Template‐Free Synthesis of Three‐Dimensional Nanoporous Bulk Graphitic Carbon Nitride with Remarkably Enhanced Photocatalytic Activity and Good Separation Properties

A facile template‐free method is presented for the fabrication of three‐dimensional (3D) nanoporous bulk graphitic carbon nitride (g‐C 3 N 4 ) with an interconnected framework. Various techniques, namely, X‐ray diffraction, Fourier transform infrared spectroscopy, scanning electron microscopy, transmission electron microscopy, elemental analysis, specific surface area measurements (Brunauer–Emmett–Teller method), UV/Vis diffuse reflectance spectroscopy, time‐resolved fluorescence decay spectroscopy, electron paramagnetic resonance spectroscopy, and photoelectrochemical measurements, were adopted to analyze the structures and physicochemical properties of the as‐prpared samples. The results show that the nanoporous bulk g‐C 3 N 4 with a particle size of ca. 20 μm exhibits a high specific surface area, which is ca. 30.9 times higher than that of the original material. The g‐C 3 N 4 with such a structure exhibits an improved adsorption capacity for the target pollutants and is readily separable from the photocatalysis reaction system.

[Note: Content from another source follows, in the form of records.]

//! Coils one under the other.

use diagram_program::CoilMode;
use diagram_program::geometry::ROWS;
use st_expression::Expression;
use st_statements::reads;

/// A coil.
#[derive(Clone, Copy)]
pub(crate) struct Coil {
    pub(crate) mode: CoilMode,
    pub(crate) variable: usize,
}

/// The coils of a rung, from top to bottom.
#[derive(Clone, Copy)]
pub(crate) struct Coils {
    rows: [Option<Coil>; ROWS],
    count: usize,
}

impl Coils {
    /// None.
    pub(crate) fn new() -> Coils {
        Coils {
            rows: [None; ROWS],
            count: 0,
        }
    }

    /// Just one.
    pub(crate) fn one(mode: CoilMode, variable: usize) -> Coils {
        Coils::new().with(Coil { mode, variable })
    }

    /// These and one more below them. Past the last row there is none.
    pub(crate) fn with(self, coil: Coil) -> Coils {
        let mut coils = self;
        if let Some(row) = coils.rows.get_mut(self.count) {
            *row = Some(coil);
            coils.count = self.count.saturating_add(1);
        }
        coils
    }

    /// How many there are.
    pub(crate) fn count(&self) -> usize {
        self.count
    }

    /// Whether there is none.
    pub(crate) fn is_empty(&self) -> bool {
        self.count == 0
    }

    /// Whether there is one in each row.
    pub(crate) fn is_full(&self) -> bool {
        self.count >= ROWS
    }

    /// The coil in a row.
    pub(crate) fn get(&self, row: usize) -> Option<Coil> {
        match self.rows.get(row) {
            Some(coil) => *coil,
            None => None,
        }
    }

    /// Whether one writes a variable.
    pub(crate) fn writes(&self, variable: usize) -> bool {
        for row in 0..ROWS {
            if let Some(coil) = self.get(row) {
                if coil.variable == variable {
                    return true;
                }
            }
        }
        false
    }

    /// Whether one writes a variable that an expression looks at.
    pub(crate) fn are_read_by(&self, expression: &Expression) -> bool {
        for row in 0..ROWS {
            if let Some(coil) = self.get(row) {
                if reads(expression, coil.variable) {
                    return true;
                }
            }
        }
        false
    }
}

It is believed that a two‐step protonation process plays a key role in the formation of the structure. Furthermore, this 3D nanoporous bulk g‐C 3 N 4 also shows more‐efficient photogenerated carrier transfer and separation. As a result, the visible‐light photocatalytic activity of g‐C 3 N 4 is significantly enhanced, and the degradation rates of methyl orange (MO) and rhodamine B (RhB) dyes over the nanoporous bulk g‐C 3 N 4 are ca. 5.0 and 22.3 times higher, respectively, than that over the original material.